Mantan Panglima TNI, Purn. Gatot Nurmantyo & Ketua Umum GRIB Jaya, Hercules Rosario Marshal
Mantan Panglima TNI, Purn. Gatot Nurmantyo & Ketua Umum GRIB Jaya, Hercules Rosario Marshal
Sumber :
  • Kolase Tim tvOnenews & Tangkapan layar YouTube

 

Terkait polemik saat ini, Habib Rizieq bertanya-tanya tentang peran pemerintah mengenai adanya tudingan saat ini dengan sebutan "preman berkedok pakaian ormas".

"Kenapa organisasi preman enggak berani dibubarin? Ada apa?," tanya Habib Rizieq sambil kebingungan.

Habib Rizieq berspekulasi banyak ormas seolah-olah bersikap seperti preman tak kunjung dibubarkan pemerintah karena diduga bahwa, mereka mendapat dukungan oleh para pejabat.

"Nah, kalau pembinanya pejabat, bagaimana ceritanya? Itu yang tadi saya katakan waktu kita bicara, apa yang mesti kita lakukan kalau pejabat dengan penjahat sudah berkolaborasi?," jelas dia.
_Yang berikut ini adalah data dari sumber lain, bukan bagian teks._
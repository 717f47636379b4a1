// Tests of clients that wait.
ghost use Rattle.std.specs.Prelude.{◌≡◌, ◌<◌, []};
ghost use Rattle.locked_book.specs.Books.{terms_for};
ghost use Rattle.proxy_config.specs.Sound.{IsSoundConfig};
ghost use Rattle.shared_desk.specs.Seats.{IsSameSeat};

use super::fakes::{Fake, Few, Scene, Seen};
use super::scenes::plain;
use super::*;
use base_verdict::Ending;
use dispatch_state::Ticketed;
use grant_board::Taking;
use relay_workers::arrive;
use req_view::{Viewed, view};
use std::thread::Threads;

// A request that has a slot before any client comes.
fn come_first<N: DeskName, R: Abort + Wait>(
    rt: &R,
    proxy: &Proxy<N>,
    gate: &mut Fake<'_>,
) -> Ticketed
    ensures { result.place < N.terms.places }
{
    let Viewed::Whole(head, _) = view(proxy.alloc, b"GET / HTTP/1.1\r\nHost: h\r\n\r\n") else {
        panic!(rt; "no head");
    };
    arrive(rt, proxy, gate, &head).expect(rt, "a place")
}

// Ends its exchange. Says whether it had its slot, and its return was collected.
fn go_last<N: DeskName, R: Wait>(
    rt: &R,
    proxy: &Proxy<N>,
    gate: &mut Fake<'_>,
    relay: &mut RelaySeat,
    it: Ticketed,
) -> bool
    requires named { relay.old.board ≡ N.board }
    requires idle { relay.old.view.passes ≡ [] }
    requires in_range { it.place < relay.old.view.terms.places }
    ensures idle { relay.new.view.passes ≡ [] }
    ensures same { IsSameSeat relay.old relay.new }
{
    match relay.try_take(proxy.desk.board(), it.place, it.ticket) {
        Taking::Taken(pass) => {
            relay.post(proxy.desk.board(), pass, Ending::Done);
            proxy.turn(rt, gate).is_ok()
        }
        Taking::NotYet => false,
    }
}

// Clients come while the only slot is taken, which another thread's gate knows of.
fn come_behind<N: DeskName, R: Abort + Wait>(
    rt: &R,
    proxy: &Proxy<N>,
    idle: &mut Idle<N>,
    gate: Fake<'_>,
    other: Fake<'_>,
) -> Result<Tally, Stopped>
    ensures { IsSameSeat idle.old.seat idle.new.seat }
{
    let mut other = other;
    let first = come_first(rt, proxy, &mut other);
    let tally = work_with(rt, proxy, idle, gate, Few::new(3));
    assert!(rt; go_last(rt, proxy, &mut other, &mut idle.seat, first));
    tally
}

fn work_behind<N: DeskName, R: Abort + Threads + Wait>(
    rt: &R,
    alloc: Global,
    opened: Opened,
    scene: Scene,
) -> Found
    requires named { opened.board ≡ N.board }
    requires terms { N.terms ≡ terms_for opened.core.setup }
    requires setup { N.setup ≡ opened.core.setup }
    requires sound { IsSoundConfig opened.config }
{
    let (proxy, keys, mut idle) = start::<N, _>(rt, alloc, opened);
    let seen = Seen::new(keys.wake);
    let gates = (Fake::new(scene, &seen), Fake::new(scene, &seen));
    let tally = come_behind(rt, &proxy, &mut idle, gates.0, gates.1);
    let closing = close(proxy, idle);
    Found {
        tally,
        seen,
        closing,
    }
}

// Checks that six clients that leave after this number of looks get nothing, each is asked that
// often, and nothing is left on the board.
fn expect<R: Abort + Threads + Wait>(rt: &R, alloc: Global, patience: u32) {
    let opened = open_text(rt, alloc, ONE_SLOT, 4096);
    let scene = Scene {
        patience,
        ..plain()
    };
    let found = work_behind::<Brand, _>(rt, alloc, opened, scene);
    let nobody = Tally {
        clients: 6,
        ..Tally::zero()
    };
    assert_eq!(rt; found.tally, Ok(nobody));
    assert_eq!(rt; found.seen.right.load(Ordering::SeqCst), 0);
    assert_eq!(rt; found.closing, Closing { left: 0 });
}

#[test]
fn clients_are_gone_while_they_wait(rt: HostRuntime) {
    expect(&rt, rt.alloc(), 1);
}

#[test]
fn pauses_are_spent(rt: HostRuntime) {
    expect(&rt, rt.alloc(), u32::MAX);
}
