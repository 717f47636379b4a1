// A gate whose clients and servers are texts.
use super::*;

/// What was seen of all peers.
#[derive(Drop)]
pub(crate) struct Seen {
    /// The number of bytes that a peer was sent as expected, and of others.
    pub(crate) right: AtomicU64,
    pub(crate) wrong: AtomicU64,
    /// The number of connections to servers that were asked for.
    pub(crate) connects: AtomicU64,
    /// The number of servers that sent their whole answers.
    pub(crate) answers: AtomicU64,
    /// The number of windows that ended.
    pub(crate) windows: AtomicU64,
    /// The number of looks at checks of servers.
    pub(crate) probes: AtomicU64,
    // The key to what calls of the desk change.
    wakes: WakeKey,
}

impl Seen {
    pub(crate) fn new(wakes: WakeKey) -> Seen {
        Seen {
            right: AtomicU64::new(0),
            wrong: AtomicU64::new(0),
            connects: AtomicU64::new(0),
            answers: AtomicU64::new(0),
            windows: AtomicU64::new(0),
            probes: AtomicU64::new(0),
            wakes,
        }
    }
}

/// The bytes that a gate's peers send, and those that they expect.
#[derive(Clone, Copy)]
pub(crate) struct Scene {
    pub(crate) clients: u32,
    pub(crate) request: &'static [u8],
    pub(crate) answer: &'static [u8],
    pub(crate) to_server: &'static [u8],
    pub(crate) to_client: &'static [u8],
    /// A client takes this number of bytes, and leaves.
    pub(crate) taken: usize,
    /// This number of connections fail at first.
    pub(crate) failing: u64,
    /// A client has left once it was asked this number of times.
    pub(crate) patience: u32,
    /// A server answers once this number of servers have answered, or once it has waited too long.
    pub(crate) answers_after: u64,
    /// The result of a server's check.
    pub(crate) up: bool,
}

/// One end of a connection.
#[derive(Drop)]
pub(crate) struct Peer<'a> {
    says: &'static [u8],
    expects: &'static [u8],
    takes: usize,
    answers_after: u64,
    serves: bool,
    seen: &'a Seen,
}

impl Read for Peer<'_> {
    fn read(&mut self, buf: &mut [u8]) -> io::Result<usize> {
        if self.serves && !waited(self.seen, self.answers_after) {
            return Err(io::Error::from(io::ErrorKind::TimedOut));
        }
        let count = self.says.len().min(buf.len());
        buf[..count].copy_from_slice(&self.says[..count]);
        self.says = &self.says[count..];
        if self.serves && count > 0 && self.says.is_empty() {
            self.seen.answers.fetch_add(1, Ordering::SeqCst);
        }
        Ok(count)
    }
}

fn waited(seen: &Seen, answers: u64) -> bool {
    for _ in 0..10_000_000 {
        if seen.answers.load(Ordering::SeqCst) >= answers {
            return true;
        }
        std::thread::yield_now();
    }
    false
}

impl Write for Peer<'_> {
    fn write(&mut self, buf: &[u8]) -> io::Result<usize> {
        let Some(first) = buf.first() else {
            return Ok(0);
        };
        if self.takes == 0 {
            return Err(io::Error::from(io::ErrorKind::BrokenPipe));
        }
        self.takes -= 1;
        if self.expects.first() == Some(first) {
            self.expects = &self.expects[1..];
            self.seen.right.fetch_add(1, Ordering::SeqCst);
        } else {
            self.seen.wrong.fetch_add(1, Ordering::SeqCst);
        }
        Ok(1)
    }

    fn flush(&mut self) -> io::Result<()> {
        Ok(())
    }
}

#[derive(Drop)]
pub(crate) struct Fake<'a> {
    scene: Scene,
    seen: &'a Seen,
    came: u32,
    asked: u32,
    now: u64,
}

/// The check of a server that is up, or isn't.
#[derive(Drop)]
pub(crate) struct Up {
    is_up: bool,
}

impl EndedCheck for Up {
    ghost passed = { λ up. up.is_up };

    fn has_passed(&self) -> bool {
        self.is_up
    }
}

impl<'a> Gate for Fake<'a> {
    type Client = Peer<'a>;

    type Server = Peer<'a>;

    type Check = Up;

    type Receipt = ();

    fn next(&mut self) -> Option<Peer<'a>> {
        if self.came == self.scene.clients {
            return None;
        }
        self.came = self.came.saturating_add(1);
        self.asked = 0;
        Some(Peer {
            says: self.scene.request,
            expects: self.scene.to_client,
            takes: self.scene.taken,
            answers_after: 0,
            serves: false,
            seen: self.seen,
        })
    }

    fn release(&mut self, client: Peer<'a>) {
        drop(client);
    }

    fn connect<N: DeskName>(&mut self, _slot: &Slot<'_, N>) -> Option<Peer<'a>> {
        let before = self.seen.connects.fetch_add(1, Ordering::SeqCst);
        if before < self.scene.failing {
            return None;
        }
        Some(Peer {
            says: self.scene.answer,
            expects: self.scene.to_server,
            takes: usize::MAX,
            answers_after: self.scene.answers_after,
            serves: true,
            seen: self.seen,
        })
    }

    fn disconnect(&mut self, server: Peer<'a>) {
        drop(server);
    }

    fn posted(&mut self, _seat: &RelaySeat) {}

    fn probe(&mut self, _server: usize) -> Option<Up> {
        self.seen.probes.fetch_add(1, Ordering::SeqCst);
        Some(Up {
            is_up: self.scene.up,
        })
    }

    fn gone(&mut self, _client: &mut Peer<'a>) -> bool {
        self.asked = self.asked.saturating_add(1);
        self.asked > self.scene.patience
    }

    fn moment(&mut self) -> Moment {
        self.now = self.now.saturating_add(1);
        Moment::new(self.now).unwrap_or(Moment::zero())
    }

    fn window<N: DeskName>(&mut self, window: EndedWindow, changed: Changed<N>) {
        let _ = changed.take(&self.seen.wakes);
        let EndedWindow {
            reports: _,
            servers: _,
        } = window;
        self.seen.windows.fetch_add(1, Ordering::SeqCst);
    }

    fn wake<N: DeskName>(&mut self, changed: Changed<N>) {
        let _ = changed.take(&self.seen.wakes);
    }
}

impl<'a> Fake<'a> {
    pub(crate) fn new(scene: Scene, seen: &'a Seen) -> Fake<'a> {
        Fake {
            scene,
            seen,
            came: 0,
            asked: 0,
            now: 0,
        }
    }
}

/// This number of pauses, in each of which another thread may run.
#[derive(Drop)]
pub(crate) struct Few {
    most: u32,
    left: u32,
}

impl Few {
    pub(crate) fn new(most: u32) -> Few {
        Few { most, left: 0 }
    }
}

impl Pause for Few {
    ghost most = { λ pause. pause.most };

    ghost left = { λ pause. pause.left };

    fn begin(&mut self) {
        self.left = self.most;
    }

    fn turn(&mut self) -> bool {
        if self.left == 0 {
            return false;
        }
        self.left -= 1;
        std::thread::yield_now();
        true
    }
}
Ia menyinggung jika benar-benar ada kolaborasi di antara keduanya, mereka akan saling memanfaatkan dan melindungi satu sama lain.

"Mestinya, ormas-ormas yang memang sudah terbukti melakukan pemerasan, intimidasi, dan teror, kalau masih berupa oknum, maka oknum itu tangkap dan berikan peringatan kepada ormasnya," sarannya.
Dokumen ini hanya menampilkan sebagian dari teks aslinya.